Seasonal studies were carried out from 21 stations, comprising of three zones, of Cochin Estuary, to assess the organic matter quality and trophic status. The hydographical parameters showed significant seasonal variations and nutrients and chlorophylls were generally higher during the monsoon season. However, chemical contamination along with the seasonal limitations of light and nitrogen imposed restrictions on the primary production and as a result, mesotrophic conditions generally prevailed in the water column. The nutrient stoichometries and delta C-13 values of surficial sediments indicated significant allochthonous contribution of organic matter.

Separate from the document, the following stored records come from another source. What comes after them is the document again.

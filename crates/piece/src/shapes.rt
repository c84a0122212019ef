// The six kinds of board piece. What each must keep to is part of its type, so that no piece, however it was filled, has a
// divisor of 0 or a parent that is not below it. Each says so of its own parent: with number and parent in a struct of their own it
// would be no plainer to fill one in.
ghost use Rattle.std.specs.Prelude.{◌≡◌, ℕ, ◌-◌, ◌^◌, ◌<◌, ◌≤◌, length, slice_index};
ghost use Rattle.part.specs.Lists.{listed};
ghost use Rattle.piece.specs.Pieces.{mux_value};

use crate::style::{DividerStyle, MuxStyle};
use bank::Place;
use part::{Marks, ShortList};
use words::Name;

// A source of a fixed rate in hertz.
#[derive(Clone, Copy)]
pub struct SrcPiece {
    pub number: u8,
    pub rate: u32,
    ghost runs: { 1 ≤ rate },
    ghost fits: { rate < 2 ^ 32 },
}

// A gate: its parent's rate, behind a bit that opens it.
#[derive(Clone, Copy)]
pub struct GatePiece {
    pub number: u8,
    pub parent: u8,
    pub bit: Place,
    pub marks: Marks,
    ghost below: { parent < number },
    ghost single: { bit.width ≡ 1 },
}

// A fixed ratio n/d of its parent's rate.
#[derive(Clone, Copy)]
pub struct FixPiece {
    pub number: u8,
    pub parent: u8,
    pub n: u16,
    pub d: u16,
    pub marks: Marks,
    ghost below: { parent < number },
    ghost times: { (1 ≤ n) × (n < 2 ^ 16) },
    ghost over: { (1 ≤ d) × (d < 2 ^ 16) },
}

// A divider of 1 to 8 bits.
#[derive(Clone, Copy)]
pub struct DivPiece {
    pub number: u8,
    pub parent: u8,
    pub field: Place,
    pub style: DividerStyle,
    pub marks: Marks,
    ghost below: { parent < number },
    ghost wide: { 1 ≤ field.width },
    ghost narrow: { field.width ≤ 8 },
}

// A mux of 1 to 8 parents, which come first so that no space is lost between the fields.
#[derive(Clone, Copy)]
pub struct MuxPiece {
    pub parents: ShortList<u8, 8>,
    pub number: u8,
    pub field: Place,
    pub style: MuxStyle,
    pub marks: Marks,
    ghost some: { 1 ≤ length (listed parents) },
    ghost below: { (i : ℕ) → i < length (listed parents) → slice_index (listed parents) i < number },
    ghost fits: { mux_value style (length (listed parents) - 1) < 2 ^ field.width },
}

// A PLL: the low `dw` bits of its field hold the divisor, the next `nw` bits the multiplier.
#[derive(Clone, Copy)]
pub struct PllPiece {
    pub number: u8,
    pub parent: u8,
    pub register: u8,
    pub shift: u8,
    pub nw: u8,
    pub dw: u8,
    pub marks: Marks,
    pub lo: u32,
    pub hi: u32,
    ghost below: { parent < number },
    ghost nwide: { 1 ≤ nw },
    ghost nshort: { nw ≤ 8 },
    ghost dwide: { 1 ≤ dw },
    ghost dshort: { dw ≤ 6 },
    ghost order: { lo ≤ hi },
    ghost fits: { hi < 2 ^ 32 },
}

#[derive(Clone, Copy)]
pub enum PieceKind {
    Src(SrcPiece),
    Gate(GatePiece),
    Fix(FixPiece),
    Div(DivPiece),
    Mux(MuxPiece),
    Pll(PllPiece),
}

// A clock of a board file, with the name that scripts call it by.
#[derive(Clone, Copy)]
pub struct Piece {
    pub name: Name,
    pub kind: PieceKind,
}
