// How dividers and muxes write their values.

// How a divider's field value v reads: as v + 1, or as v, where 0 has no row. Each has the number of the first value that has one.
#[derive(Clone, Copy, PartialEq, Eq, Debug)]
pub enum DividerStyle {
    Zero = 0,
    One = 1,
}

// How a mux writes the index i of a parent: as i, or as 2^i.
#[derive(Clone, Copy, PartialEq, Eq, Debug)]
pub enum MuxStyle {
    Plain,
    Bit,
}
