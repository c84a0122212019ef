// boardlist: lists the clocks of `board.txt` in the folder that it is run in, one to a line, or says what is wrong with the file.
#![tactic(auto)]

use anyhow::anyhow;
use listing::listing;
use std::fs;
use std::io::Write;

fn main(rt: HostRuntime) -> anyhow::Result<()> {
    // as regplay reads its files: a crate for these lines is no plainer
    let text = match fs::read(&rt, "board.txt") {
        Ok(text) => text,
        Err(error) => {
            eprintln!(rt; "boardlist: cannot read board.txt: {error}")?;
            return Err(anyhow!("no board"));
        }
    };
    let printed = listing(rt.alloc(), text.as_slice())?;
    rt.stdout().write_all(printed.as_slice())?;
    Ok(())
}
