// What the kinds of piece that have rows share.
ghost use Rattle.std.specs.Prelude.{◌≡◌, length};
ghost use Rattle.std.specs.List.{slice_get};
ghost use Rattle.part.specs.Meanings.{named};
ghost use Rattle.piece.specs.Pieces.{Kind, rows_of};

use bank::FieldValue;
use part::{Row, RowNumber};

// A piece with rows: each kind but a source.
pub(crate) trait Rows {
    // The kind of the piece, by which its rows are defined.
    ghost kind: { Self → Kind };

    fn row_count(&self) -> u16
        ensures { result ≡ length (rows_of (kind self.now)) };

    // The row of a number, or none beyond the last.
    fn row(&self, at: RowNumber) -> Option<Row>
        ensures { result ≡ slice_get (rows_of (kind self.now)) at.0 };

    // The row that a field value names, or none.
    fn row_of(&self, value: FieldValue) -> Option<RowNumber>
        ensures { result ≡ named (rows_of (kind self.now)) value.0 };
}
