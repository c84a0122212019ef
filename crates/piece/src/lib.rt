// The six kinds of piece that a board file describes, and that each is a part.
#![tactic(auto)]

mod dividers;
mod muxes;
mod piece;
mod plls;
mod rows;
mod shapes;
mod single;
mod style;

pub use shapes::{DivPiece, FixPiece, GatePiece, MuxPiece, Piece, PieceKind, PllPiece, SrcPiece};
pub use style::{DividerStyle, MuxStyle};
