/// A token of another machine is a stranger's if it differs in number, and at its finish also if it differs in
/// instruction or operands alone. The machine's own reservation continues as if the token hadn't been offered.
#[test]
fn other_machines(rt: HostRuntime) {
    for offer in &OFFERS {
        let due = offer.0;
        assert!(rt;
            is_refused_offer(offer, rt.alloc()) == Some(true),
            "{due:?}"
        );
    }
}
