impl Ground {
    /// Creates a progress word.
    ///
    /// # Errors
    /// `OutOfMemory` if memory runs out.
    pub fn new(alloc: Global) -> Result<Ground, Refusal>
        ensures { IfErr result (λ refusal. refusal ≡ OutOfMemory) }
    {
        let Ok((table, pass)) = ProgressTable::of_words(alloc, &[0], &()) else {
            return Err(Refusal::OutOfMemory);
        };
        Ok(Ground { table, pass })
    }
}

/// Gives up all seats.
fn leave_all(seats: [Seat; 7]) {
    let _ = PerUnit::from_array(seats).map(|seat| seat.leave());
}

/// A machine that several threads drive, and its progress word. A call that makes an event acquires the lock, calls the
/// method of `LockedMachine` with the same name, and releases the lock.
///
/// No contract here names the machine's state when the lock is acquired, because other threads may have changed it. The
/// methods of `LockedMachine` state in full what an event answers and which machine it leaves. The contracts here speak
/// of what the caller keeps: a token, a snapshot, and the caller's `Seen`.
#[derive(Drop)]
pub struct Shared<K: Naming> {
    word: Arc<Word<K>, Global>,
    locked: Mutex<LockedMachine<K>>,
    signals: Signals,
}
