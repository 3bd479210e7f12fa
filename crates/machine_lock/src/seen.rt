ghost use Rattle.std.specs.Prelude.{◌≡◌, [], MatchResult};
ghost use Rattle.instructions.specs.declared.refusal.Refusal.TheVariants.{OutOfMemory};
ghost use Rattle.machine_lock.specs.CallerKnowledge.{known};

use crate::rule::{Naming, Pass};
use crate::word::Word;
use instructions::Refusal;
use std::alloc::Global;
use std::marker::Model;
use std::sync::Arc;

/// A caller's knowledge of the machine under the lock: its boot memory and budget, the steps of the log from boot on,
/// as far as the caller has seen it, and which of these steps the caller made.
#[derive(Drop)]
pub struct Seen<K: Naming> {
    pub pass: Pass,
    pub word: Arc<Word<K>, Global>,
}

impl<K: Naming> Model for Seen<K> {
    ghost use Rattle.machine_lock.specs.CallerKnowledge.{Known, known};
    ghost use Rattle.machine_lock.specs.inner.Rules.{IsCaller};

    ghost Value = { Known };

    ghost view = { λ s. known s.pass.me.0.seen.booted s.pass.me.0.seen.log s.pass.me.0.mine };

    ghost invariant = { λ s. IsCaller K.table s.pass.me.0.seen s.pass.me.0.mine s.pass };
}

impl<K: Naming> Seen<K> {
    /// A second `Seen`, which has seen the same steps and made none of them. This call never blocks.
    ///
    /// # Errors
    /// `OutOfMemory` if memory runs out.
    pub fn split(&mut self) -> Result<Seen<K>, Refusal>
        ensures same { self.new ≡ self.old }
        ensures other { MatchResult result (λ other. other ≡ known self.old.booted self.old.log [])
            (λ refusal. refusal ≡ OutOfMemory) }
    {
        let Ok(word) = Arc::try_clone(&self.word) else {
            return Err(Refusal::OutOfMemory);
        };
        Ok(Seen {
            pass: self.word.again(&mut self.pass),
            word,
        })
    }
}
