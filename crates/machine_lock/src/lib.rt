//! The machine under one lock, for several threads, with a word that counts the steps of its log. A thread holds the
//! lock while it makes an event; a unit computes without the lock.
//!
//! Callers rely on `Shared::snapshot`: the state that it returns is the replay of the snapshot's own log on the boot
//! memory. That log begins with the steps that the caller had seen. Every other call that takes a `Seen` updates it
//! with what the caller has then seen of the log.
//!
//! `locked_machine` defines the machine while its lock is held, and the invariant of the lock.
//!
//! `word` has the progress word, which counts the steps of the log. Each pass to the word knows a beginning of one log.
//! The machine's pass knows the whole log: the holder of the lock records each step there (`Word::record`). A caller's
//! pass knows the steps that the caller has seen, and the positions of the caller's own steps; a caller keeps it in a
//! `Seen`. The word holds the log's length. So a caller that loads the word again (`Word::compare`) learns a log that
//! begins with what it knew, without the lock. Two callers that meet have no step in common. `rule` has the steps that
//! the word's rule allows.
//!
//! docs/work/threads.md has an example. The tests are in `crates/lock_tests/src/lock_tests.rt` and
//! `crates/lock_tests/src/guard_tests.rt`. Begin with `Shared` in `shared`, then `Word` in `word`.
#![tactic(auto)]

mod locked_machine;
mod rule;
mod seen;
mod shared;
mod word;

pub use locked_machine::{LockedMachine, MachineGuard};
pub use rule::Naming;
pub use seen::Seen;
pub use shared::{Ground, Shared};
pub use signals::{Signal, Signals, Wakeups};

Irrespective of the higher content of total organic matter, the labile organic matter was very low. Dominance of carbohydrates over lipids and proteins indicated the lower nutritive aspect of the organic matter, and their aged and refractory nature. This, along with higher amount of phytodetritus and the low algal contribution to the biopolymeric carbon corroborated the dominance of allochthonous organic matter and the heterotrophic nature. The spatial and seasonal variations of labile organic components could effectively substantiate the observed shift in the productivity pattern. An alternative ratio, lipids to tannins and lignins, was proposed to ascertain the relative contribution of allochthonous organic matter in the estuary. This study confirmed the efficiency of an integrated biogeochemical approach to establish zones with distinct benthic trophic status associated with different degrees of natural and anthropogenic input. Nevertheless, our results also suggest that the biochemical composition alone could lead to erroneous conclusions in the case of regions that receive enormous amounts of anthropogenic inputs.

Item Type: Journal Article
Publication: Environmental Earth Sciences
Publisher: Springer
Additional Information: Copyright of this article belongs to Springer.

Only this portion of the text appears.